Right. Did you read any of my posts? 

Also faraday's law only applies to those using his voltage.

The "100 percent efficiency voltage" will actually change with temperature and pressure... But 100 percent current (Faraday) efficiency will remain the same regardless.

[TheNOP]

its not watts nor does he state watt or joule or anything like that, its AMPERE. 

if you can't see the relations between those units you should go back to school.

yes, Faraday's law require amperes unit for electrolisis efficiency calculations.
but that does not mean you can't calculate the amps from the watts or the amps from the joules.

in fact, you can convert any units to any other quantifier units, if you have the values you need to do the convertion.

[TheNOP]

The "100 percent efficiency voltage" will actually change with temperature and pressure... But 100 percent current (Faraday) efficiency will remain the same regardless.

in other words.

Faraday's law of electrolysis is using mol in its formula.
a mol is not a unit of volume, it is a unit of amount of substance.(atoms, molecules, etc...)

this mean, you have to compensate for temperature and pressure when you measure your gases output by volume.
but Faraday's law does not require to be compensate.

[CrazyEwok]

if you can't see the relations between those units you should go back to school.

yes, Faraday's law require amperes unit for electrolisis efficiency calculations.
but that does not mean you can't calculate the amps from the watts or the amps from the joules.

in fact, you can convert any units to any other quantifier units, if you have the values you need to do the convertion.

Really you can calculate the amps from simply having the watts can you??? i have 4watts of power being produced how many amp am i outputting???
Oh wait you can't tell me the amp because you are missing some information... the voltage produced!!!

and all conversions of power have relevant losses so no you can't do a simple converstion, because this would involve having to calculate your losses... Also in order to measure your amps there needs to be a voltage as your electrical charge won't move without a voltage difference between 2 points.

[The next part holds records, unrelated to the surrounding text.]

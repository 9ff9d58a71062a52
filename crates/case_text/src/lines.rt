//! What the lines of a section spell.
use crate::hex::digit;
use mdb_base::{Memory, put_number, put_text};
use std::alloc::Global;

/// Where the reading of a line stands.
#[derive(Clone, Copy)]
enum Part {
    /// After a whole byte.
    Byte,
    /// After a backslash.
    Backslash,
    /// After a backslash and an x.
    Hex,
    /// After these and a digit of this value.
    HexDigit { high: u8 },
    /// After what spells no byte.
    Lost,
}

/// Where the reading stands after one more byte of the line.
fn after(bytes: &mut Vec<u8>, part: Part, byte: u8) -> Result<Part, Memory> {
    match part {
        Part::Byte if byte == b'\\' => Ok(Part::Backslash),
        Part::Backslash if byte == b'x' => Ok(Part::Hex),
        Part::Backslash if byte != b'\\' => Ok(Part::Lost),
        Part::Byte | Part::Backslash => {
            bytes.push(byte)?;
            Ok(Part::Byte)
        }
        Part::Hex => match digit(byte) {
            Some(high) => Ok(Part::HexDigit { high }),
            None => Ok(Part::Lost),
        },
        Part::HexDigit { high } => match digit(byte) {
            Some(low) => {
                bytes.push(high << 4 | low)?;
                Ok(Part::Byte)
            }
            None => Ok(Part::Lost),
        },
        Part::Lost => Ok(Part::Lost),
    }
}

/// Adds what a line spells, with its line feed. Says whether it spells something.
fn push_plain(bytes: &mut Vec<u8>, line: &[u8]) -> Result<bool, Memory> {
    let mut part = Part::Byte;
    for byte in line {
        part = after(bytes, part, *byte)?;
    }
    if matches!(part, Part::Byte) {
        bytes.push(b'\n')?;
    }
    Ok(matches!(part, Part::Byte | Part::Backslash))
}

/// The line with this number in place of each `{}`.
fn numbered(alloc: Global, line: &str, number: u32) -> Result<Vec<u8>, Memory> {
    let mut text = Vec::new(alloc);
    let mut is_first = true;
    for piece in line.split("{}") {
        if !is_first {
            put_number(&mut text, u64::from(number))?;
        }
        is_first = false;
        put_text(&mut text, piece)?;
    }
    Ok(text)
}

/// Adds what a line spells for each of these numbers. Says whether it spells something.
fn push_each(
    alloc: Global,
    bytes: &mut Vec<u8>,
    from: u32,
    to: u32,
    line: &str,
) -> Result<bool, Memory> {
    for number in from..=to {
        let line = numbered(alloc, line, number)?;
        if !push_plain(bytes, &line)? {
            return Ok(false);
        }
    }
    Ok(true)
}

/// The numbers and the line of `FROM TO LINE`.
fn ranged(text: &str) -> Option<(u32, u32, &str)> {
    let (from, rest) = text.split_once(' ')?;
    let (to, line) = rest.split_once(' ')?;
    Some((from.parse::<u32>().ok()?, to.parse::<u32>().ok()?, line))
}

/// Adds what a line of a section spells. Says whether it spells something.
pub(crate) fn push_line(alloc: Global, bytes: &mut Vec<u8>, line: &str) -> Result<bool, Memory> {
    match line.strip_prefix("\\each ") {
        Some(rest) => match ranged(rest) {
            Some((from, to, line)) => push_each(alloc, bytes, from, to, line),
            None => Ok(false),
        },
        None => push_plain(bytes, line.as_bytes()),
    }
}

And your saying i need to go to school... for the perdantic or those not quite understanding.
Watts = Volts x Amps
Faraday states that it takes X amps to breakdown the bonds of water.
he doesn't state what voltage you use. i bet i can get crap loads more gas out of 10amps at 2kv then i can out of 10amps at 12v. same ampere different voltage.

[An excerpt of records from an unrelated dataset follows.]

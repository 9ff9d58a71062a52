//! Why a file of cases isn't read.
use mdb_base::Memory;
use std::alloc::{AllocError, AllocFailed};

/// Why a file has no sections.
#[derive(Clone, Copy)]
pub enum CaseErr {
    /// The line of this number, counted from 1, spells nothing.
    BadLine(u32),
    /// There is no memory.
    Memory,
}

impl From<Memory> for CaseErr {
    fn from(_: Memory) -> CaseErr {
        CaseErr::Memory
    }
}

impl From<AllocError> for CaseErr {
    fn from(_: AllocError) -> CaseErr {
        CaseErr::Memory
    }
}

impl<T: Drop> From<AllocFailed<T>> for CaseErr {
    fn from(_: AllocFailed<T>) -> CaseErr {
        CaseErr::Memory
    }
}
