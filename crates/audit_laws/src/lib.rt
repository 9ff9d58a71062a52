//! What the audit of a printed run promises: a yes implies the headline of the session, with the printed order in
//! place of the least one. Each law is the contract of a function that does nothing.
#![tactic(auto)]

mod any_run;

pub use any_run::{a_yes_implies_the_headline, quiet_runs_rest};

So no unless you go back and look at how many volts he used in his calculations you or anyone else quoting his work is wasting their and everyone elses time. If you find the voltage then that can in turn be converted into Watts, this is a calculation that can be used by everyone... so off you go convert your little calculation or stick to your "amps = Gas" notation....

[newbie123]

i bet i can get crap loads more gas out of 10amps at 2kv then i can out of 10amps at 12v. same ampere different voltage.

Wrong....    If you ran a cell at 2kv 10amps,  you'd  probably get crap loads more heat and steam (w/ a very low production efficiency), but the hydroxy gas would be the same as 12V 10A..

So no unless you go back and look at how many volts he used in his calculations you or anyone else quoting his work is wasting their and everyone elses time. If you find the voltage then that can in turn be converted into Watts, this is a calculation that can be used by everyone... so off you go convert your little calculation or stick to your "amps = Gas" notation....

Again, Faraday efficiency has NOTHING to do with volts or even energy, his "volts" are totally irrelevant!